Collected data entries
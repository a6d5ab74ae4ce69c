// No two capabilities of an object have the same p1. A hash table tells them apart: slots are entered from the last down,
// and each is compared only with those that were entered at the same place before it.
#![tactic(auto)]

ghost use Rattle.std.specs.Prelude.{◌≡◌, ◌≤◌, ◌<◌};
ghost use Rattle.rules.specs.Limit;
ghost use Rattle.layout.specs.Decides.{Decides};
ghost use Rattle.layout.specs.Sizes.{LinksWords};
ghost use Rattle.check_rows.specs.Buckets.{Buckets, Entered};
ghost use Rattle.check_passwords.specs.Passwords.{SamePassword, bucket, passwords};

use check_rows::table;
use layout::rows::field;
use layout::{OWNER, P1};
use values::limit::MAX_CAPS;

// The place in the table of an object and a p1.
fn bucket_of(owner: u16, p1: u32) -> usize
    ensures { (result ≡ bucket owner p1) × (result < 1024) }
{
    // kept: `usize` has no From<u32>, so `bucket_of` casts p1.
    (p1 as usize * 3242174889 / 4194304 + usize::from(owner) * 583) % 1024
}

// Slots i and j hold capabilities of the same object with the same p1.
fn same_password(links: &[u16], words: &[u32], i: usize, j: usize) -> bool
    requires { LinksWords links.now words.now }
    ensures { Decides (SamePassword links.now words.now i j) result }
{
    if field(words, MAX_CAPS, P1, i) != field(words, MAX_CAPS, P1, j) {
        return false;
    }
    let owner = field(links, MAX_CAPS, OWNER, i);
    owner != 0 && owner == field(links, MAX_CAPS, OWNER, j)
}

// No slot above i has the object and the p1 of slot i, by the table of the slots above i, which gets slot i too.
pub fn enter(links: &[u16], words: &[u32], heads: &mut [u16], next: &mut [u16], i: usize) -> bool
    requires sizes { LinksWords links.now words.now }
    requires table { Buckets (passwords links.now words.now) heads.old next.old i }
    requires slot { (1 ≤ i) × (i ≤ Limit.caps) }
    ensures { Entered (passwords links.now words.now)
        (SamePassword links.now words.now) heads.new next.new i result }
{
    let owner = field(links, MAX_CAPS, OWNER, i);
    let at = bucket_of(owner, field(words, MAX_CAPS, P1, i));
    table::enter(heads, next, at, i, |j| same_password(links, words, i, j))
}
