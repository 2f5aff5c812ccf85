// The writer on lists, and that lent memory stands for it: specs/ has the definitions and theorems, and there is no code.
#![tactic(auto)]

Aim of the task:
If a line in the records contains "specs", report it.

Solution for this problem:
ghost use Rattle.std.specs.Prelude.{◌≡◌, ◌≤◌, ◌<◌};
ghost use Rattle.rules.specs.Limit;
ghost use Rattle.layout.specs.Decides.{Decides};
ghost use Rattle.layout.specs.Sizes.{LinksWords};
ghost use Rattle.check_rows.specs.Buckets.{Buckets, Entered};
ghost use Rattle.check_passwords.specs.Passwords.{SamePassword, bucket, passwords};
// The writer on lists, and that lent memory stands for it: specs/ has the definitions and theorems, and there is no code.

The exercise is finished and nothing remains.